Go through the data below and return each line where the string "ErrorKind" appears.

(Collected data)
○ ○ ○

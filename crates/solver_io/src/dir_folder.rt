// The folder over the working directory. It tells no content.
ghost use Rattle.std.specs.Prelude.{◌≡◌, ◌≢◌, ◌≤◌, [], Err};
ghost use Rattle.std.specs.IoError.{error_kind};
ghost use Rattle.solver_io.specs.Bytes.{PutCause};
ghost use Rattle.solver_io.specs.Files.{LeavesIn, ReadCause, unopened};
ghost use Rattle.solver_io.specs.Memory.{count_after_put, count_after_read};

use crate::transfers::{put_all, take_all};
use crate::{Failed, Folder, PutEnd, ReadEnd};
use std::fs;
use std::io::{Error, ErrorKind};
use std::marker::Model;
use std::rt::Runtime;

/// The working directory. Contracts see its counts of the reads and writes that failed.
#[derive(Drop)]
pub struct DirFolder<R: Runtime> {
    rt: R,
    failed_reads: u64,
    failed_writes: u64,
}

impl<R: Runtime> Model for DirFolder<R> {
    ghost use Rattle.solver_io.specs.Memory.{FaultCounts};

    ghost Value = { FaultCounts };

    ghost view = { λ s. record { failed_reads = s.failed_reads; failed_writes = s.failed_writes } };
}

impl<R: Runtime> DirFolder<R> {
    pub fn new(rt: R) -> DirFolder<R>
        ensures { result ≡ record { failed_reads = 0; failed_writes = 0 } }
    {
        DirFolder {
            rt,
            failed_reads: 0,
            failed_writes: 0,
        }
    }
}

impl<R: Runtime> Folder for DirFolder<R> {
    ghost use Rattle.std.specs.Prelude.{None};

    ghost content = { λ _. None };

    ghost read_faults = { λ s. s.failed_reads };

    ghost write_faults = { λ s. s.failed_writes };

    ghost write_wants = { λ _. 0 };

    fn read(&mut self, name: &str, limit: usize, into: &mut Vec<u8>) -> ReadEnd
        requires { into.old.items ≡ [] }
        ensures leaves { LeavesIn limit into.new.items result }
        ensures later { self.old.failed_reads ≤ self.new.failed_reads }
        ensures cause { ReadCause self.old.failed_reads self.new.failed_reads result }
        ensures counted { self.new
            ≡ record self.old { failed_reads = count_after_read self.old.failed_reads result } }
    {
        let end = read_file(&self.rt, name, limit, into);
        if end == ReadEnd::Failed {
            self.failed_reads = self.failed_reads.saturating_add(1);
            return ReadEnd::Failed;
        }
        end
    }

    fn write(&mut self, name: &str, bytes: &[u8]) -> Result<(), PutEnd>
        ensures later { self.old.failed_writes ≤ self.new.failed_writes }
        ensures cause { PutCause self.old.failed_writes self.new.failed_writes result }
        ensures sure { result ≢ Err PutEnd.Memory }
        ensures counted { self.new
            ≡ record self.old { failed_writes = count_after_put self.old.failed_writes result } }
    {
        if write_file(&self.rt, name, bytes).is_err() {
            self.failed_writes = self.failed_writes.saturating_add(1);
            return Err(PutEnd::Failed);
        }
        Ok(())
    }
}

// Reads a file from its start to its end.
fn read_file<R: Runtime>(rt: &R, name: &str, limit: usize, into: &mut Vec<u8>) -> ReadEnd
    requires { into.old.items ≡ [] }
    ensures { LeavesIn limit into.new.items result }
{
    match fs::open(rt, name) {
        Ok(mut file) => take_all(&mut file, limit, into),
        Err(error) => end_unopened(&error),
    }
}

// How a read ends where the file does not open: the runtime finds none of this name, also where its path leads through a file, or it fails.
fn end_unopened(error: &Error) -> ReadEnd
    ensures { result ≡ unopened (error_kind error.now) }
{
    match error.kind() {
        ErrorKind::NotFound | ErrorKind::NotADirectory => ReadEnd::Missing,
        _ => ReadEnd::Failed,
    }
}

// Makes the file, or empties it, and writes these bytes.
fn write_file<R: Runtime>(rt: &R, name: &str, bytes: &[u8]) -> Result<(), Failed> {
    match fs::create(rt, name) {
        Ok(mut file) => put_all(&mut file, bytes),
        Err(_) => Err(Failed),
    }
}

○ ○ ○

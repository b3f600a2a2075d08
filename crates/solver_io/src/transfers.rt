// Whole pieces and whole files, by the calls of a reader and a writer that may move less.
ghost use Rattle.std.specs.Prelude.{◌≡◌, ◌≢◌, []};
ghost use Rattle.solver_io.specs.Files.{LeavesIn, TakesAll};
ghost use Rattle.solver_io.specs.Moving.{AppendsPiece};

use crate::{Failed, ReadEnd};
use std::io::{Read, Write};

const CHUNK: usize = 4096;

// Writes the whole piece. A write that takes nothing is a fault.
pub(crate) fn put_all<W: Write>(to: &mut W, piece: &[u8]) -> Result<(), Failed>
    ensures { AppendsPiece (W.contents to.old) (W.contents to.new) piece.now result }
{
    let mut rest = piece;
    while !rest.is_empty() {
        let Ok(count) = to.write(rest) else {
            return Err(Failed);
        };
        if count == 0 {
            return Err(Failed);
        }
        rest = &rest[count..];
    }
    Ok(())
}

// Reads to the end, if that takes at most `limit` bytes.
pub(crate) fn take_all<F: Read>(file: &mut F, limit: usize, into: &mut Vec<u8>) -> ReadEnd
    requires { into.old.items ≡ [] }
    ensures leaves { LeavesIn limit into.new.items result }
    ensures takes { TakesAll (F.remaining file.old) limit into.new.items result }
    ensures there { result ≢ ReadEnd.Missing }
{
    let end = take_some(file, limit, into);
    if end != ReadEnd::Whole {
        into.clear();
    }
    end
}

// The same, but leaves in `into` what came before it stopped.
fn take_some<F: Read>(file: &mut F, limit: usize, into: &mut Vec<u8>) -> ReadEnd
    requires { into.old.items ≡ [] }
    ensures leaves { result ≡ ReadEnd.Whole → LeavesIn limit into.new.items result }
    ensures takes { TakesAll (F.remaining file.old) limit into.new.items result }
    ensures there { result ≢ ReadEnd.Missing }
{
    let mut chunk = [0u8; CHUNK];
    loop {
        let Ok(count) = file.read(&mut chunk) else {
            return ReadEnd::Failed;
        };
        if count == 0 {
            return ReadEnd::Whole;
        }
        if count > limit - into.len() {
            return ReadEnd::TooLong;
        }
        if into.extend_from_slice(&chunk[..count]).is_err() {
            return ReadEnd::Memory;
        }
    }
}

○ ○ ○

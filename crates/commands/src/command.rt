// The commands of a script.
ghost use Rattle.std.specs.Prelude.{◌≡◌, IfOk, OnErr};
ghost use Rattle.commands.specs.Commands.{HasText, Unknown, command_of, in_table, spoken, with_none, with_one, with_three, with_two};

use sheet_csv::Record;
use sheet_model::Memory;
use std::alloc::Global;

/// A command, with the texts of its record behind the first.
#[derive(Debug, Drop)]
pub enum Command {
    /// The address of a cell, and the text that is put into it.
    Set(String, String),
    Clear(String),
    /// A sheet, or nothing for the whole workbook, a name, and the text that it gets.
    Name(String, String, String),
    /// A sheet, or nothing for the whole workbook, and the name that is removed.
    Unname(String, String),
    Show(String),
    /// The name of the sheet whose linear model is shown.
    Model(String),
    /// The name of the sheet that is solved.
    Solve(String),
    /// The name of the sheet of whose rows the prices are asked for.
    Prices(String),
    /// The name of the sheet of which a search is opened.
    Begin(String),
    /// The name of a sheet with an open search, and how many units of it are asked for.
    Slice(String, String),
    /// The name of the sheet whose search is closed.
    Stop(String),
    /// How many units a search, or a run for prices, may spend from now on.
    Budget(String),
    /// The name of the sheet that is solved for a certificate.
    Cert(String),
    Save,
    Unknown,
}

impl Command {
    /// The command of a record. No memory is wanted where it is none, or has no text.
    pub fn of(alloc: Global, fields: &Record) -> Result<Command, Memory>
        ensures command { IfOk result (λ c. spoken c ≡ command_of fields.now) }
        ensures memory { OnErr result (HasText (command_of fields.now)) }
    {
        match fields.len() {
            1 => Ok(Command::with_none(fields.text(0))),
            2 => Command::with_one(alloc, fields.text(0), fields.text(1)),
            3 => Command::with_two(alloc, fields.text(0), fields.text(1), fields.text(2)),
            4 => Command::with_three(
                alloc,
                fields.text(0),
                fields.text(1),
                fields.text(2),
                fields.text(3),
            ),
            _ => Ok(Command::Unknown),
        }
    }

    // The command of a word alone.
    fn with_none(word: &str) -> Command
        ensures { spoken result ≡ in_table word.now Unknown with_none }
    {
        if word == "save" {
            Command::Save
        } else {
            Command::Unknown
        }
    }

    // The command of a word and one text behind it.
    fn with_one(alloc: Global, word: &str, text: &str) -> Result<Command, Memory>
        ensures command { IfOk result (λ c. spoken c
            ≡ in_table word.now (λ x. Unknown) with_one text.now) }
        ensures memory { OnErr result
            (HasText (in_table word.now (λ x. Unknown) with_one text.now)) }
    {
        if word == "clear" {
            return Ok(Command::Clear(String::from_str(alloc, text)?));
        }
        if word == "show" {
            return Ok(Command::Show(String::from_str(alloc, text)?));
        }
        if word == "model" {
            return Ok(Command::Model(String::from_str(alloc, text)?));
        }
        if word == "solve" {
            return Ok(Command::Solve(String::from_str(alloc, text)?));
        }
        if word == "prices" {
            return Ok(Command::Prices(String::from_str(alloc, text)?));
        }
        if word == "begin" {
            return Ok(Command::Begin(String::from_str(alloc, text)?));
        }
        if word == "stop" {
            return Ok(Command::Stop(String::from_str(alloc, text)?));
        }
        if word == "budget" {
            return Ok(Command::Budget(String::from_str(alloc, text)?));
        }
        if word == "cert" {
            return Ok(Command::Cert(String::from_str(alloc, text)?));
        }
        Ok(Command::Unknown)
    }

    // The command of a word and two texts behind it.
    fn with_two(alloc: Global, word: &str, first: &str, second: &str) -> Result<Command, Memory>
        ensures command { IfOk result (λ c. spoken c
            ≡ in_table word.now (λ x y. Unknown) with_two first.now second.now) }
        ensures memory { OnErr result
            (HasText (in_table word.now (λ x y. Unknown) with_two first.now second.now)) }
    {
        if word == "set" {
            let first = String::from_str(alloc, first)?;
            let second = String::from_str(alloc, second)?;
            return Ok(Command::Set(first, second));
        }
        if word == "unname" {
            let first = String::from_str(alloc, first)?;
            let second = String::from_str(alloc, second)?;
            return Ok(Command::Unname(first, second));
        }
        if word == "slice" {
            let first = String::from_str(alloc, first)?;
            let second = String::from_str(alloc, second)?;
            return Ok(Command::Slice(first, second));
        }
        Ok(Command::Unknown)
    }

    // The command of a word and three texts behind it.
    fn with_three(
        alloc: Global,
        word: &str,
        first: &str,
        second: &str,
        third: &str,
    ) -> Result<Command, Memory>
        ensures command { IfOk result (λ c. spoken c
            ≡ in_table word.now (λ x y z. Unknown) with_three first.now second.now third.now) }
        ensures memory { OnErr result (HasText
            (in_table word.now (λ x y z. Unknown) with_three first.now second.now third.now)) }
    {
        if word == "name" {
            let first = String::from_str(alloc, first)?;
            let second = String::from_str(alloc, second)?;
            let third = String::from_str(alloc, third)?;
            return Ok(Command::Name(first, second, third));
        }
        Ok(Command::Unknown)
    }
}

○ ○ ○

REPLY:
use std::io::{Error, ErrorKind};
        ErrorKind::NotFound | ErrorKind::NotADirectory => ReadEnd::Missing,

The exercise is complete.